What’s wrong with Verbena bonariensis?

I was going to write about Verbena bonariensis to sing its praises in long periods of drought and then I heard something odd. I was at a talk at the Garden Museum in London and an audience member asked/stated: “What would you say to all the male designers who always plant V. bonariensis and grasses? It’s so boring.”

A sea of Verbena bonariensis at Kew Gardens.

As a man and a designer I found the dig at men upsetting and untrue but moving on from that, when did some people become so snobby about V. bonariensis? I personally haven’t used it much in my designs. The first and only time in fact has been for a large sun scorched communal roof terrace in London where it makes absolute sense. It seems odd to dislike a plant because it’s used a lot but poor Verbena certainly makes eyes roll “that old thing again.” Does that mean lavender, lupins, roses and yew are also banished?

One of the self seeded plants I let grow in our garden this year

Step outside of the gardening world bubble and actually, ‘most people’ still haven’t even heard of the plant, let alone had a chance to become bored of it. During 2018’s summer of drought, a few plants shone above all others in gardens I visited, the ones that revelled in the harsh dry conditions. Perovskia was one, its ghostly silver blue standing out when I’d barely noticed it before. The other was V. bonariensis, its somewhat ultraviolet flower heads glowing more beautifully than any other year I can remember, taking the slack for other plants struggling.

Verbena bonariensis an absolute star of this border at RHS Wisley

It’s fun to grow different plants but if a plant feels as though it has become boring, personally I think it’s our challenge to present it differently, not dig it out for the next best thing. In a world where weather is an increasing challenge for gardeners, look on garden stalwarts as friends. If a plant is beautiful, it’s beautiful. If you like it, you like it. Verbena bonariensis is an excellent plant with more uses than anyone can have seen yet.

12 thoughts on “What’s wrong with Verbena bonariensis?

  1. I think plant snobbishness is rather sad. Too much of anything can be boring and possibly show a lack of imagination, but the plant itself is not at fault.

    Dahlias, Solenostemon…there seems to be a long list of, “Oh, no” plants but ignoring this stricture is a delight and allows for more creativity.

    I had some V. bonariensis self-seed unexpectedly in my garden this year and I am still reveling in it lovely, vibrant flowers bobbing along in the breezes. It is pop of needed colour.

    1. Fantastic! So exciting to have such an awesome volunteer plant. Definitely agree with using noggins for imaginative uses.
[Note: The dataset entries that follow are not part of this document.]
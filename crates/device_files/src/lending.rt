//! A bank over device files that stay with whoever opened them, who so holds their locks to the end; and one that only
//! reads them.
ghost use Rattle.std.specs.Prelude.{◌≡◌, ◌≤◌, ◌<◌, ◌+◌, ◌^◌, IfErr, IfOk, IsTrue, List, Ok, OnErr, OnOk, length, map};
ghost use Rattle.std.specs.Prelude.{ℕ};
ghost use Rattle.std.specs.IoError.{error_kind};
ghost use Rattle.std.specs.Option.{option_map};
ghost use Rattle.sector_model.specs.DeviceFiles.{AreAt, IsSynced, IsWritten};
ghost use Rattle.sector_model.specs.declared.refusal.Refusal.TheVariants.{Memory};
ghost use Rattle.device_files.specs.BankFiles.{AreAllSafe, BeginsWithFiles, contents_by};

use super::growing::Growing;
use super::{DeviceFiles, Lock, Locked};
use sector_model::{Bank, DeviceFile, FileBank, NoRecord, Refusal, RunRecord, SystemFile};
use std::alloc::{AllocError, Global};
use std::fs::OpenFile;
use std::io::{self, ErrorKind};
use std::os::unix::fs::FileExt;

/// A file over which a bank can be put.
///
/// A type of files that tells what its files hold also tells what a power cut leaves of it, and gives a record that
/// tells the run over its files. Of the system's files nothing is known.
pub trait BankFile: Growing + Drop + 'static {
    /// What is kept of a run over files of this type.
    type Record: RunRecord + Drop + 'static;

    /// The bytes that a power cut leaves of a file.
    ghost left: { Self → List ℕ };

    /// Reads from a byte place on, at most as many bytes as `to` has, and says how many.
    fn read_part(&self, place: u64, to: &mut [u8]) -> io::Result<usize>
        requires place { place + length to.old < 2 ^ 64 }
        requires within { IsTrue Self.tells → place + length to.old ≤ length (Self.told self.now) }
        ensures bound { IfOk result (λ n. n ≤ length to.new) }
        ensures read { IsTrue Self.tells
            → IfOk result (λ n. AreAt (contents_by Self.told left self.now).byte place n to.new) }
        ensures failed { OnErr result (Self.has_failed self.now) }
        ensures ended { result ≡ Ok 0 → 0 < length to.new → Self.has_failed self.now };

    /// Writes bytes from a byte place on, the first of them or all, and says how many. An interrupted call wrote none;
    /// after another fault nothing is known of the file.
    fn write_part(&mut self, place: u64, from: &[u8]) -> io::Result<usize>
        requires place { place + length from.now < 2 ^ 64 }
        requires within { IsTrue Self.tells → place + length from.now ≤ length (Self.told self.old) }
        ensures bound { IfOk result (λ n. n ≤ length from.now) }
        ensures written { IsTrue Self.tells → IfOk result (λ n. IsWritten place n from.now
            (contents_by Self.told left self.old) (contents_by Self.told left self.new)) }
        ensures interrupted { IsTrue Self.tells → IfErr result (λ error. error_kind error ≡ ErrorKind.Interrupted
            → contents_by Self.told left self.new ≡ contents_by Self.told left self.old) }
        ensures length { IsTrue Self.tells → length (Self.told self.new) ≡ length (Self.told self.old) }
        ensures failed { OnErr result (Self.has_failed self.new) }
        ensures full { result ≡ Ok 0 → 0 < length from.now → Self.has_failed self.new };

    /// Makes safe all that was written.
    fn sync_written(&mut self) -> io::Result<()>
        ensures synced { IsTrue Self.tells → OnOk result
            (IsSynced (contents_by Self.told left self.old) (contents_by Self.told left self.new)) }
        ensures length { IsTrue Self.tells → length (Self.told self.new) ≡ length (Self.told self.old) };

    /// A record of a run that begins with the files of ten slots (condition). `AllocError` where an allocation was
    /// refused.
    fn record(alloc: Global, files: &[Option<Self>]) -> Result<Self::Record, AllocError>
        requires ten { length files.now ≡ 10 }
        ensures paired { Self.Record.tells ≡ Self.tells }
        ensures begun { AreAllSafe Self.is_safe files.now → IfOk result
            (λ notes. BeginsWithFiles Self.tells Self.told left files.now (Self.Record.run notes)) };
}

/// A file of the system tells nothing, and nothing is kept of a run over it. Once it is written it is no longer known
/// to be safe, also when it was synced after that.
impl<F: OpenFile + FileExt + Lock + Drop + 'static> BankFile for Locked<F> {
    ghost use Rattle.std.specs.Prelude.{[]};

    type Record = NoRecord;

    ghost left = { λ _. [] };

    fn read_part(&self, place: u64, to: &mut [u8]) -> io::Result<usize> {
        SystemFile { of: &self.file }.read_part(place, to)
    }

    fn write_part(&mut self, place: u64, from: &[u8]) -> io::Result<usize> {
        self.is_synced = false;
        SystemFile { of: &self.file }.write_part(place, from)
    }

    fn sync_written(&mut self) -> io::Result<()> {
        SystemFile { of: &self.file }.sync()
    }

    fn record(_alloc: Global, _files: &[Option<Self>]) -> Result<NoRecord, AllocError> {
        Ok(NoRecord)
    }
}

/// A file on loan from whoever opened it. It tells what that file does.
#[derive(Drop)]
pub struct LentFile<'a, F> {
    file: &'a mut F,
}

impl<F: BankFile> DeviceFile for LentFile<'_, F> {
    ghost tells = { F.tells };

    ghost told = { λ lent. contents_by F.told F.left lent.file.now };

    fn size(&self) -> io::Result<u64> {
        self.file.size()
    }

    fn read_part(&mut self, place: u64, to: &mut [u8]) -> io::Result<usize> {
        self.file.read_part(place, to)
    }

    fn write_part(&mut self, place: u64, from: &[u8]) -> io::Result<usize> {
        self.file.write_part(place, from)
    }

    fn sync(&mut self) -> io::Result<()> {
        self.file.sync_written()
    }
}

/// A file that is read, and never written, and stays with whoever opened it. It tells what that file does.
#[derive(Drop)]
pub struct ReadOnlyFile<'a, F> {
    file: &'a F,
}

impl<F: BankFile> DeviceFile for ReadOnlyFile<'_, F> {
    ghost tells = { F.tells };

    ghost told = { λ read. contents_by F.told F.left read.file.now };

    fn size(&self) -> io::Result<u64> {
        self.file.size()
    }

    fn read_part(&mut self, place: u64, to: &mut [u8]) -> io::Result<usize> {
        self.file.read_part(place, to)
    }

    fn write_part(&mut self, _place: u64, _from: &[u8]) -> io::Result<usize> {
        Err(io::Error::from(ErrorKind::PermissionDenied))
    }

    fn sync(&mut self) -> io::Result<()> {
        Err(io::Error::from(ErrorKind::PermissionDenied))
    }
}

// The file of a slot, on loan.
fn lend_one<'a, F>(slot: &'a mut Option<F>) -> Option<LentFile<'a, F>>
    ensures { option_map (λ lent. lent.file.now) result ≡ slot.old }
{
    match slot {
        Some(file) => Some(LentFile { file }),
        None => None,
    }
}

// The files of the slots, on loan.
fn lend_all<'a, F: Drop>(
    alloc: Global,
    files: &'a mut [Option<F>],
) -> Result<Vec<Option<LentFile<'a, F>>>, AllocError>
    ensures { IfOk result (λ lent. map (option_map (λ one. one.file.now)) lent.items ≡ files.old) }
{
    let mut lent = Vec::with_capacity(alloc, files.len())?;
    for slot in files {
        lent.push(lend_one(slot))?;
    }
    Ok(lent)
}

/// A bank over the files of ten slots (condition), each of which is safe (condition); they stay open and locked when
/// their device goes down. It has no device in a slot that has no file, or whose file can't tell its length. Where the
/// files tell what they hold, the bank is honest, and its run begins with that. What they hold when it is dropped is
/// not known.
///
/// `Memory` where an allocation was refused.
pub fn bank_on<'a, F: BankFile>(
    alloc: Global,
    files: &'a mut [Option<F>],
) -> Result<FileBank<LentFile<'a, F>, F::Record>, Refusal>
    requires ten { length files.old ≡ 10 }
    requires safe { AreAllSafe F.is_safe files.old }
    ensures honest { IsTrue F.tells → IfOk result (λ bank.
        ⟦<FileBank<LentFile<'a, F>, F::Record> as Bank>⟧.honest bank) }
    ensures begins { IfOk result (λ bank. BeginsWithFiles F.tells F.told F.left files.old
        (⟦<FileBank<LentFile<'a, F>, F::Record> as Bank>⟧.history bank)) }
    ensures devices { IfOk result (λ bank.
        (⟦<FileBank<LentFile<'a, F>, F::Record> as Bank>⟧.panel bank).devices ≡ 10) }
    ensures err { IfErr result (λ refusal. refusal ≡ Memory) }
{
    let notes = F::record(alloc, files)?;
    FileBank::over(alloc, lend_all(alloc, files)?, notes)
}

// The file of a slot, to be read.
fn read_one<'a, F>(slot: &'a Option<F>) -> Option<ReadOnlyFile<'a, F>>
    ensures { option_map (λ read. read.file.now) result ≡ slot.now }
{
    match slot {
        Some(file) => Some(ReadOnlyFile { file }),
        None => None,
    }
}

// The files of the slots, to be read.
fn read_all<'a, F: Drop>(
    alloc: Global,
    files: &'a [Option<F>],
) -> Result<Vec<Option<ReadOnlyFile<'a, F>>>, AllocError>
    ensures { IfOk result (λ read. map (option_map (λ one. one.file.now)) read.items ≡ files.now) }
{
    let mut read = Vec::with_capacity(alloc, files.len())?;
    for slot in files {
        read.push(read_one(slot))?;
    }
    Ok(read)
}

/// A bank over the files of a folder, each of which is safe (condition), as `bank_on` puts over them, but one that only
/// reads: a write or a sync of a file is a fault.
///
/// `Memory` where an allocation was refused.
pub fn bank_to_inspect<'a, F: BankFile>(
    alloc: Global,
    files: &'a DeviceFiles<F>,
) -> Result<FileBank<ReadOnlyFile<'a, F>, F::Record>, Refusal>
    requires safe { AreAllSafe F.is_safe files.now.files.items }
    ensures honest { IsTrue F.tells → IfOk result (λ bank.
        ⟦<FileBank<ReadOnlyFile<'a, F>, F::Record> as Bank>⟧.honest bank) }
    ensures begins { IfOk result (λ bank. BeginsWithFiles F.tells F.told F.left files.now.files.items
        (⟦<FileBank<ReadOnlyFile<'a, F>, F::Record> as Bank>⟧.history bank)) }
    ensures devices { IfOk result (λ bank.
        (⟦<FileBank<ReadOnlyFile<'a, F>, F::Record> as Bank>⟧.panel bank).devices ≡ 10) }
    ensures err { IfErr result (λ refusal. refusal ≡ Memory) }
{
    let notes = F::record(alloc, &files.files)?;
    FileBank::over(alloc, read_all(alloc, &files.files)?, notes)
}

#[cfg(test)]
mod tests;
    1. Thanks for the comment Chuck, just to let you know I have edited out your blog link as I don’t have links on here after lots of people abused it in the past.

  2. I moved last year and some V.b seedlings sprouted up in one of the pots I’d brought with me. I was well pleased and transferred them into the garden. They are great and the bees and butterflies love them. I hope they self seed everywhere 😁

    1. I do love a plant that is so happy it reproduces everywhere, it just intuitively feels a better way of gardening. Especially when the wildlife loves it too!
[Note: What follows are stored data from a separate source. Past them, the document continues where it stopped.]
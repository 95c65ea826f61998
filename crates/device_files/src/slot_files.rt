//! The files of slots are opened and created by their paths, and locked.
ghost use Rattle.std.specs.Prelude.{◌≡◌, ◌≢◌, IfOk, IfSome, IsTrue, List, Option, Result, length, true, ℕ};
ghost use Rattle.std.specs.declared.io.Error.{Error};
ghost use Rattle.device_files.specs.declared.locked.Before.{Before};
ghost use Rattle.device_files.specs.declared.slot_files.CreateFault.{CreateFault};
ghost use Rattle.device_files.specs.declared.slot_files.OpenFault.{OpenFault};

use super::growing::Growing;
use super::opening::{claim, is_absent, open_claimed};
use super::paths::Paths;
use super::{Before, Lock, Locked, Reason, SystemFolders};
use std::os::unix::fs::FileExt;
use std::rt::Files;
use std::{fs, io};

/// Why a file was not opened, though its device may be well.
#[derive(Clone, Copy, Drop)]
pub enum OpenFault {
    /// Another open file has its lock, or another file was found at its path once it was locked.
    Busy,
    /// It is there, and could not be opened for this reason.
    Barred(Reason),
    /// What is there is not a regular file.
    NotRegular,
}

/// Why a file was not created.
#[derive(Clone, Copy, Drop)]
pub enum CreateFault {
    /// Another open file has its lock, or another file was found at its path once it was locked.
    Busy,
    /// It could not be created, or opened.
    Failed,
}

/// A disk on which files are opened and created by their paths. Of the system's disks it is known that the files are
/// locked, and nothing else.
pub trait SlotFiles {
    /// A file that is open.
    type File: Growing + Drop;

    /// What the opening of the file at a path came to.
    ghost opens: { Self → (path : List ℕ) → Result (Option Self.File) OpenFault → Type 0 };

    /// What the creating of the file at a path came to, with what it was before.
    ghost creates: { Self → (path : List ℕ) → Result (Self.File × Before) CreateFault → Type 0 };

    /// What the removing of the file at a path came to; where the path is a link, of that to which it leads.
    ghost removes: { Self → (path : List ℕ) → Result (Unit {0}) Error → Type 0 };

    /// Opens a file for reading and writing, and locks it without waiting; none where the file is absent, a link leads
    /// nowhere, or the device has a fault of its own. No file is created or cut, and nothing is opened that is not a
    /// regular file.
    fn open(&self, path: &str) -> Result<Option<Self::File>, OpenFault>
        ensures opened { opens self.now path.now result }
        ensures locked { IfOk result (λ file. IfSome file Self.File.is_locked) };

    /// Creates a file where it is absent, opens it and locks it without waiting, and says whether it was absent.
    fn create(&self, path: &str) -> Result<(Self::File, Before), CreateFault>
        ensures created { creates self.now path.now result }
        ensures locked { IfOk result (λ made. Self.File.is_locked made.0) };

    /// Removes the file at a path; where the path is a link, the file to which that leads, and not the link. The error
    /// is that of the system.
    fn remove(&self, path: &str) -> io::Result<()>
        ensures { removes self.now path.now result };
}

impl<S> SlotFiles for SystemFolders<'_, S>
where
    S: Files + AllocGlobal,
    S::File: FileExt + Lock,
{
    ghost use Rattle.std.specs.Prelude.{⊤};

    type File = Locked<S::File>;

    ghost opens = { λ _ _ _. ⊤ };

    ghost creates = { λ _ _ _. ⊤ };

    ghost removes = { λ _ _ _. ⊤ };

    fn open(&self, path: &str) -> Result<Option<Locked<S::File>>, OpenFault> {
        open_claimed(self, path)
    }

    // A file that was there, and could not be opened before, is not this command's to remove.
    fn create(&self, path: &str) -> Result<(Locked<S::File>, Before), CreateFault> {
        let was_absent = is_absent(self, path);
        let Ok(file) = self.create_there(path) else {
            return Err(CreateFault::Failed);
        };
        match claim(self, path, file) {
            Ok(file) => {
                let before = before_of(was_absent, &file);
                Ok((file, before))
            }
            Err(OpenFault::Busy) => Err(CreateFault::Busy),
            Err(_) => Err(CreateFault::Failed),
        }
    }

    fn remove(&self, path: &str) -> io::Result<()> {
        let file = fs::canonicalize(self.rt, path)?;
        fs::remove_file(self.rt, &file)
    }
}

/// What a file was before it was locked: one whose path led to none was created, unless it has bytes. Then another
/// program made it meanwhile.
pub(super) fn before_of<G: Growing>(was_absent: bool, file: &G) -> Before
    ensures absent { result ≡ Before.Absent → was_absent ≡ true }
    ensures created { IsTrue G.tells → was_absent ≡ true → length (G.told file.now) ≡ 0 → result ≡ Before.Absent }
    ensures others { IsTrue G.tells → length (G.told file.now) ≢ 0 → result ≡ Before.Same }
{
    if was_absent && matches!(file.size(), Ok(0)) {
        Before::Absent
    } else {
        Before::Same
    }
}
  3. VB & grasses are a beautiful combination, love the picture in your arcticle. I have VB in my borders & just love the way it happily self seeds around the garden. It will always have a place in my garden & I can not understand this plant snobbery. If someone doesn’t like it do not grow it, find the fab favourie plant that rocks their boat & let us enjoy ours!
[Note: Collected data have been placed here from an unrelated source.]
//! The file of a slot is opened anew, while those of the others stay open.
ghost use Rattle.std.specs.Prelude.{◌≡◌, ◌≢◌, ◌<◌, IfErr, IfSome, IsTrue, Ok, OnOk, OnErr, None, ℕ, length};
ghost use Rattle.sector_model.specs.declared.refusal.Refusal.{Refusal};
ghost use Rattle.device_files.specs.BankFiles.{AreAllSafe};
ghost use Rattle.device_files.specs.DeviceFiles.{AreOthersKept, IsKeptOrClosed, IsReopened, file_in, slot_path};

use super::growing::Growing;
use super::opening::sync_open;
use super::slot_files::SlotFiles;
use super::{SLOTS, path_of};
use sector_model::Refusal;
use std::alloc::Global;

/// Closes the file of a slot, if there is one, opens and locks the one to which its path leads now, and makes the files
/// of all ten slots (condition) safe again, as a bank over them needs it. The slot has no device where no file can be
/// opened and locked; and none has a slot whose file's sync fails, which is closed.
///
/// `Memory` where an allocation was refused.
pub fn reopen_slot<D: SlotFiles>(
    alloc: Global,
    disk: &D,
    folder: &str,
    slot: u8,
    files: &mut [Option<D::File>],
) -> Result<(), Refusal>
    requires ten { length files.old ≡ 10 }
    ensures ten { length files.new ≡ 10 }
    ensures safe { OnOk result (AreAllSafe D.File.is_safe files.new) }
    ensures opened { OnOk result (IsReopened D.File.tells D.File.told (D.opens disk.now (slot_path folder.now slot))
        (file_in files.new slot)) }
    ensures others { (other : ℕ) → other ≢ slot → IsKeptOrClosed D.File.tells D.File.told
        (file_in files.old other) (file_in files.new other) }
    ensures err { IfErr result (λ refusal. refusal ≡ Refusal.Memory) }
{
    open_anew(alloc, disk, folder, slot, files)?;
    close_unsynced(files);
    Ok(())
}

// Closes the file of a slot, and opens and locks the one to which its path leads now.
fn open_anew<D: SlotFiles>(
    alloc: Global,
    disk: &D,
    folder: &str,
    slot: u8,
    files: &mut [Option<D::File>],
) -> Result<(), Refusal>
    requires ten { length files.old ≡ 10 }
    ensures ten { length files.new ≡ 10 }
    ensures opened { OnOk result (IsReopened D.File.tells D.File.told (D.opens disk.now (slot_path folder.now slot))
        (file_in files.new slot)) }
    ensures others { AreOthersKept files.old files.new slot }
    ensures err { IfErr result (λ refusal. refusal ≡ Refusal.Memory) }
{
    let at = slot as usize;
    if at >= SLOTS {
        return Ok(());
    }
    files[at] = None;
    let path = path_of(alloc, folder, slot)?;
    if let Ok(file) = disk.open(path.as_str()) {
        files[at] = file;
    }
    Ok(())
}

// Syncs each file, and closes those whose sync fails.
fn close_unsynced<G: Growing + Drop>(files: &mut [Option<G>])
    requires ten { length files.old ≡ 10 }
    ensures ten { length files.new ≡ 10 }
    ensures safe { AreAllSafe G.is_safe files.new }
    ensures kept { (slot : ℕ) → IsKeptOrClosed G.tells G.told
        (file_in files.old slot) (file_in files.new slot) }
{
    for slot in 0..SLOTS {
        close_if_unsynced(slot as u8, files);
    }
}

// Syncs the file of a slot, and closes it where that fails.
fn close_if_unsynced<G: Growing + Drop>(slot: u8, files: &mut [Option<G>])
    requires ten { length files.old ≡ 10 }
    requires within { slot < 10 }
    ensures ten { length files.new ≡ 10 }
    ensures safe { IfSome (file_in files.new slot) G.is_safe }
    ensures kept { IsKeptOrClosed G.tells G.told
        (file_in files.old slot) (file_in files.new slot) }
    ensures others { AreOthersKept files.old files.new slot }
{
    let at = slot as usize;
    if sync_open(&mut files[at]).is_err() {
        files[at] = None;
    }
}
  4. Well, I love it as well. I have planted it in a public garden that I look after to rave reviews. I also have it in 2 private gardens that I designed. ‘Lollipop’ is a dwarf hybrid that I like very much, and when it seeds out, you get the benefit of different sizes. I would warn people about planting near a pristine lawn-better in a large garden bed where it can romp. I would also keep it away from an area where native plants should be kept safe from marauding invaders. When it romps into the wrong spot, it is easy to pull up and share with friends.

  5. And something people don’t mention, but one of its main assets for me, is the colour and movement it provides right through the winter, especially when we’re getting fed up of grey days in February. Not the stems, not the seedheads themselves – it’s the charms of goldfinches that flutter down onto it several times a day, lighting up the whole of that end of the garden.

  6. “it’s the charms of goldfinches that flutter down onto it several times a day, lighting up the whole of that end of the garden.”
    Beautiful, Pippa 🙂

  7. I love Vb too. Esp in municipal gardens where there are so many challenges.
    I’m writing from northeast/USA
    And am interested in and confused about it’s role in the pollinator and native planting scene—there in GB and if you know here in New England.

    Does it interfere with or even detract from native landscapes (assuming the latter are more delicate?)? Or does it help feed pollinators?
    They are so easy to pull out that I don’t mind their proliferation..but would like to know more how this plant is viewed by nativists (of which I am not one..not pure anyway).
    Thx – writing from nyc/zone 6<7.